# MS Obito vs EMS Sasuke



## ARGUS (Apr 22, 2014)

*MS Obito vs EMS Sasuke*

*In the recent ranking based threads,, i was surprised to see several ppl state the sasuke surpassed obito after gaining EMS,,, while portrayal may favor sasuke,, however if we go by feats,, i dont see sasuke beating even MS Obito at all, 
so i wna hear ur arguments regarding how this Sasuke beats Obito,, bcz i personally dont see sasuke even landing a hit on Obito
-Obito doesnt have the other eye ofc,, bcz that will be a stomp*

Starting Distance: 50m
Location: Destroyed Konoha
Intel: Manga
Mindset: IC
Intent: To Kill
Restrictions: Rinnegan for Obito, Rikudo power up for Sasuke, Kyuubi

Who Wins?


----------



## Trojan (Apr 22, 2014)

Perhaps because a lot of people think raw power is everything, who has more raw power and bigger jusus = stronger. Anyway, Obito wins, he can go through all of Sasuke's jutsus, and all he has to do is one touch and that's it.


----------



## IchLiebe (Apr 22, 2014)

Yea Obito wins.

Does Obito have another sharingan in his other eye?

Either way, Obito will eventually catch Sasuke with something.

Also Obito does have mokuton so....Obito 10/10 ease.


----------



## Bkprince33 (Apr 22, 2014)

Portrayal wise i believe sasuke has surpassed ms obito, but feat wise its ruff because sasuke still hasn't gotten a good amount of screen time with his ms.




feat wise not to many ppl can beat obito honestly so its good to use a mix of both


----------



## Bonly (Apr 22, 2014)

Sasuke would prolly win after a good battle, no clue how but he'd likely do it.


----------



## ARGUS (Apr 22, 2014)

IchLiebe said:


> Yea Obito wins.
> 
> Does Obito have another sharingan in his other eye?
> 
> ...



Ahh definitely no,, Obito only has 1 eye,,, 
otherwise he would be too powerful


----------



## Krippy (Apr 22, 2014)

Sasuke should know Obito needs to touch him to warp him, so he just waits till he tries to grab him then he just flash activates a Susano'o hand and shanks him with an Enton blade. If he uses Izanagi then Sasuke just outlasts it and repeats the process.

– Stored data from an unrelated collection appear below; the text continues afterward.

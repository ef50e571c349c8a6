//! The form in which a conversation is shown.

/// The form in which a conversation is shown.
#[derive(Clone, Copy, Debug, PartialEq, Eq)]
pub enum ShowForm {
    /// Lines of text.
    Text,
    /// The text of a sequence diagram, which Mermaid draws.
    Chart,
}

Minato activated Hiraishin during this process, and Susano'o activation has a similar activation so it should work.


----------



## Cognitios (Apr 22, 2014)

EMS takes it portrayal wise.
But MS Obito is just so damn hax. 
IMO if Obito can summon Kyuubi and does then he definitely loses, Sasuke would win in a fight for Kyuubi IMO.
But feat wise, Sasuke has nothing that can touch Obito, and Obito has nothing that can touch PS Sasuke. 
Giving it to Sasuke just because I think that he could do it with time, and his portrayal is pretty damn good.


----------



## ARGUS (Apr 23, 2014)

Cognitios said:


> EMS takes it portrayal wise.
> But MS Obito is just so damn hax.
> IMO if Obito can summon Kyuubi and does then he definitely loses, Sasuke would win in a fight for Kyuubi IMO.
> But feat wise, Sasuke has nothing that can touch Obito, and Obito has nothing that can touch PS Sasuke.
> Giving it to Sasuke just because I think that he could do it with time, and his portrayal is pretty damn good.

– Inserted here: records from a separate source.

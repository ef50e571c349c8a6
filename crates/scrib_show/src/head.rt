//! The first line of what is shown of a conversation.

ghost use Rattle.std.specs.Prelude.{◌≡◌, ◌++◌, OnOk, codes};
ghost use Rattle.scrib_types.specs.Texts.{dotted_text};
ghost use Rattle.scrib_show.specs.ShownLines as lines;

use scrib_reasons::reason::Reason;
use scrib_types::name::{Dotted, Role};
use scrib_types::text::{push_bytes, push_dotted, push_number};
use std::alloc::AllocError;

// Adds the first line up to how the log is judged: the protocol, the number of events, and whether the verdict is
// stale. It fails where memory for the longer text is refused, as do the functions below.
pub(crate) fn push_head(
    out: &mut Vec<u8>,
    name: &Dotted,
    events: usize,
    stale: bool,
) -> Result<(), AllocError>
    ensures { OnOk result (out.new.items ≡ out.old.items ++ dotted_text name.now ++ codes ", "
        ++ lines.events_count events ++ lines.stale_text stale ++ codes ": ") }
{
    push_dotted(out, name)?;
    push_bytes(out, b", ")?;
    push_count(out, events)?;
    push_bytes(out, stale_text(stale).as_bytes())?;
    push_bytes(out, b": ")
}

// Adds the number of events.
fn push_count(out: &mut Vec<u8>, events: usize) -> Result<(), AllocError>
    ensures { OnOk result (out.new.items ≡ out.old.items ++ lines.events_count events) }
{
    push_number(out, events as u64)?;
    push_bytes(out, b" event")?;
    if events == 1 {
        Ok(())
    } else {
        push_bytes(out, b"s")
    }
}

// What is behind the number of events.
fn stale_text(stale: bool) -> &'static str
    ensures { result.now ≡ lines.stale_text stale }
{
    if stale { ", stale" } else { "" }
}

// How a permitted log is judged.
pub(crate) fn permitted_text(complete: bool) -> &'static str
    ensures { result.now ≡ lines.permitted_text complete }
{
    if complete {
        "permitted, complete"
    } else {
        "permitted"
    }
}

// Adds how a log with an offence at this place is judged.
#[tactic(auto, unfolding(crate::specs::ShownLines::offence_text))]
pub(crate) fn push_offence(
    out: &mut Vec<u8>,
    place: usize,
    role: &Role,
    reason: Reason,
) -> Result<(), AllocError>
    ensures { OnOk result (out.new.items ≡ out.old.items ++ lines.offence_text place role.now reason) }
{
    push_bytes(out, b"offence at event ")?;
    push_number(out, place as u64)?;
    push_bytes(out, b" by ")?;
    push_bytes(out, role.as_bytes())?;
    push_bytes(out, b": ")?;
    push_bytes(out, reason_word(reason).as_bytes())
}

/// Returns the word of a reason.
pub fn reason_word(reason: Reason) -> &'static str
    ensures { result.now ≡ lines.reason_word reason }
{
    match reason {
        Reason::NotDeclared => "NotDeclared",
        Reason::JoinedTwice => "JoinedTwice",
        Reason::NotJoined => "NotJoined",
        Reason::Done => "Done",
        Reason::NotAllowed => "NotAllowed",
        Reason::NotSent => "NotSent",
        Reason::OtherFirst => "OtherFirst",
    }
}
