//! Why the examples end early.

use scrib_core::reply::Refusal;
use scrib_library::fault::EditFault;
use scrib_script_io::fault::ScriptFault;
use scrib_shards::pass_calls::PassRefusal;
use std::alloc::{AllocError, AllocFailed};
use std::io;
use std::io::ErrorKind;

/// Why the examples end early.
#[derive(Drop)]
pub(crate) enum RowsFault {
    /// An example, or a command line, without a known command.
    BadRow,
    /// An answer isn't the example's, a call was refused that is not to be, or something changed that was to stay.
    Wrong,
    /// Memory was refused.
    Memory,
    /// Memory was refused again, to what was done because it was refused before.
    Again,
    /// The reader or the writer failed.
    Io,
}

impl From<AllocError> for RowsFault {
    fn from(_e: AllocError) -> RowsFault {
        RowsFault::Memory
    }
}

impl<T: Drop> From<AllocFailed<T>> for RowsFault {
    fn from(_e: AllocFailed<T>) -> RowsFault {
        RowsFault::Memory
    }
}

impl From<io::Error> for RowsFault {
    fn from(error: io::Error) -> RowsFault {
        match error.kind() {
            ErrorKind::OutOfMemory => RowsFault::Memory,
            _ => RowsFault::Io,
        }
    }
}

impl From<ScriptFault> for RowsFault {
    fn from(fault: ScriptFault) -> RowsFault {
        match fault {
            ScriptFault::OutOfMemory => RowsFault::Memory,
            _ => RowsFault::Wrong,
        }
    }
}

impl From<Refusal> for RowsFault {
    fn from(refusal: Refusal) -> RowsFault {
        match refusal {
            Refusal::OutOfMemory | Refusal::Edit(EditFault::OutOfMemory) => RowsFault::Memory,
            _ => RowsFault::Wrong,
        }
    }
}

impl From<PassRefusal> for RowsFault {
    fn from(refusal: PassRefusal) -> RowsFault {
        match refusal {
            PassRefusal::Step(refusal) => RowsFault::from(refusal),
            PassRefusal::Mismatch { .. } => RowsFault::Wrong,
        }
    }
}

/// The answer of what was done because memory was refused before, where it isn't to be done once more.
pub(crate) fn second<T>(answer: Result<T, RowsFault>) -> Result<T, RowsFault> {
    match answer {
        Err(RowsFault::Memory) => Err(RowsFault::Again),
        answer => answer,
    }
}

/// Refuses the example where this doesn't hold.
pub(crate) fn check(holds: bool) -> Result<(), RowsFault> {
    if holds { Ok(()) } else { Err(RowsFault::Wrong) }
}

Using something like susanoo against Obito is rather futile,,, its completely uselesss,, since obito can jus phase through it and kamui warp sasuke in the middle of it,,,
-Sasuke is not attacking obito during that time,, since he lacks the jutsu of FTG level speed that will help him counter attack obitoo,,,


----------



## Trojan (Apr 23, 2014)

What portray makes Sasuke superior exactly? 

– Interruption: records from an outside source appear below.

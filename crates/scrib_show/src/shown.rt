//! What is shown of the conversation of a monitor.

ghost use Rattle.std.specs.Prelude.{◌≡◌, length, Some, IfOk, IfErr};
ghost use Rattle.std.specs.Option.{option_map};
ghost use Rattle.scrib_types.specs.Meaning.{agreement_of};
ghost use Rattle.scrib_core.specs.Held.{state_of};
ghost use Rattle.scrib_global.specs.Offences.{Offends};
ghost use Rattle.scrib_script_io.specs.declared.fault.ScriptFault.TheVariants as fault;
ghost use Rattle.scrib_show.specs.Progress.{IsPaired, conversation_of, is_stale};
ghost use Rattle.scrib_show.specs.Shown.{Shown, IsPage};

use crate::after::after_log;
use crate::chart_page::chart_page;
use crate::line_monitor::LineMonitor;
use crate::offence::{before_offence, offence_reason};
use crate::page::{Page, offence_page, permitted_page, withdrawn_page};
use crate::show_form::ShowForm;
use scrib_cli::explanation::refusal;
use scrib_global::fault::ExplainFault;
use scrib_script_io::fault::ScriptFault;
use scrib_types::event::Told;
use scrib_types::protocol::Protocol;
use std::alloc::{AllocError, Global};

// What is shown of the monitor's conversation in this form, and whether that is no refusal. It fails where memory is
// refused, as do the functions below.
pub(crate) fn shown(
    alloc: Global,
    form: ShowForm,
    monitor: &LineMonitor,
) -> Result<(bool, Vec<u8>), ScriptFault>
    requires { IsPaired monitor.now }
    ensures shown { IfOk result (λ r.
        Shown form (state_of monitor.now.core) monitor.now.id monitor.now.numbers.items r.0 r.1.items) }
    ensures fault { IfErr result (λ e. e ≡ fault.OutOfMemory) }
{
    let Some((protocol, log)) = monitor.core.view(monitor.id) else {
        let text = refusal(alloc, b"NoConversation")?;
        return Ok((false, text));
    };
    let Ok(judged) = monitor.core.verdict_on(monitor.id) else {
        return Err(ScriptFault::OutOfMemory);
    };
    let page = Page {
        name: &judged.name,
        stale: is_stale(&judged.told),
        log,
        numbers: monitor.numbers.as_slice(),
    };
    match form {
        ShowForm::Text => Ok((true, page_text(alloc, page, protocol)?)),
        ShowForm::Chart => chart_page(alloc, log, protocol),
    }
}

// Whether this is reported as stale.
fn is_stale(told: &Told) -> bool
    ensures { result ≡ is_stale told.now }
{
    matches!(told, Told::Stale)
}

// The text of an open conversation, whose protocol has this meaning, if it has one.
fn page_text(
    alloc: Global,
    page: Page<'_>,
    protocol: Option<&Protocol>,
) -> Result<Vec<u8>, ScriptFault>
    requires { length page.numbers.now ≡ length page.log.now }
    ensures text { IfOk result (λ text.
        IsPage (conversation_of page.entry) page.entry.stale page.entry.numbers.now
        (option_map (λ p. agreement_of p.now) protocol.entry) text.items) }
    ensures fault { IfErr result (λ e. e ≡ fault.OutOfMemory) }
{
    let Some(protocol) = protocol else {
        return Ok(withdrawn_page(alloc, page)?);
    };
    match after_log(alloc, protocol, page.log) {
        Ok(after) => Ok(permitted_page(alloc, page, &after)?),
        Err(ExplainFault::NotPermitted { place }) => {
            Ok(offence_text(alloc, page, protocol, place - 1)?)
        }
        Err(ExplainFault::OutOfMemory) => Err(ScriptFault::OutOfMemory),
    }
}

// The text where the event at this index is the first offence. It fails where memory is refused.
fn offence_text(
    alloc: Global,
    page: Page<'_>,
    protocol: &Protocol,
    at: usize,
) -> Result<Vec<u8>, AllocError>
    requires paired { length page.numbers.now ≡ length page.log.now }
    requires offends { Offends (agreement_of protocol.now) page.log.now at }
    ensures { IfOk result (λ text.
        IsPage (conversation_of page.entry) page.entry.stale page.entry.numbers.now
        (Some (agreement_of protocol.now)) text.items) }
{
    let before = before_offence(alloc, protocol, page.log, at)?;
    let reason = offence_reason(alloc, protocol, page.log, at)?;
    offence_page(alloc, page, at, reason, &before)
}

Obito was dealing with BM Naruto, B, Guy, and Kakashi with his MS basically. 
yeah, he had the Rinnegan, that great and all, but he did not use anything of its jutsus.


----------



## richard lewis (Apr 23, 2014)

Obito has to turn solid in order to land an attack on sasuke, and given that sasuke was able to track juubito with his EMS he should be able to track regular obito no problem, so a surprise warp is out of the question. Sasuke can tag obito with enton or use chidori nagashi as soon as he turns solid to attack so it's really going to depend on who can execute their jutsu quicker. I'm leaning towards sasuke simply b/c his jutsu execution speed should be faster due to superior sharingan precog and the boost he gets from EMS.


----------



## StickaStick (Apr 23, 2014)

EMS Sasuke has nothing to bypass Kamui phasing here. Obito can pressure Sasuke with truck-sized kunai, top-tier katons, and Mokuton and hope he slips up creating an opening for a warp. If Sasuke wants to sit in his Susanoo Obito will just wait him out while Sasuke exhausts himself.


----------



## richard lewis (Apr 23, 2014)

New Folder said:


> What portray makes Sasuke superior exactly?
> 
> Obito was dealing with BM Naruto, B, Guy, and Kakashi with his MS basically.
> yeah, he had the Rinnegan, that great and all, but he did not use anything of its jutsus.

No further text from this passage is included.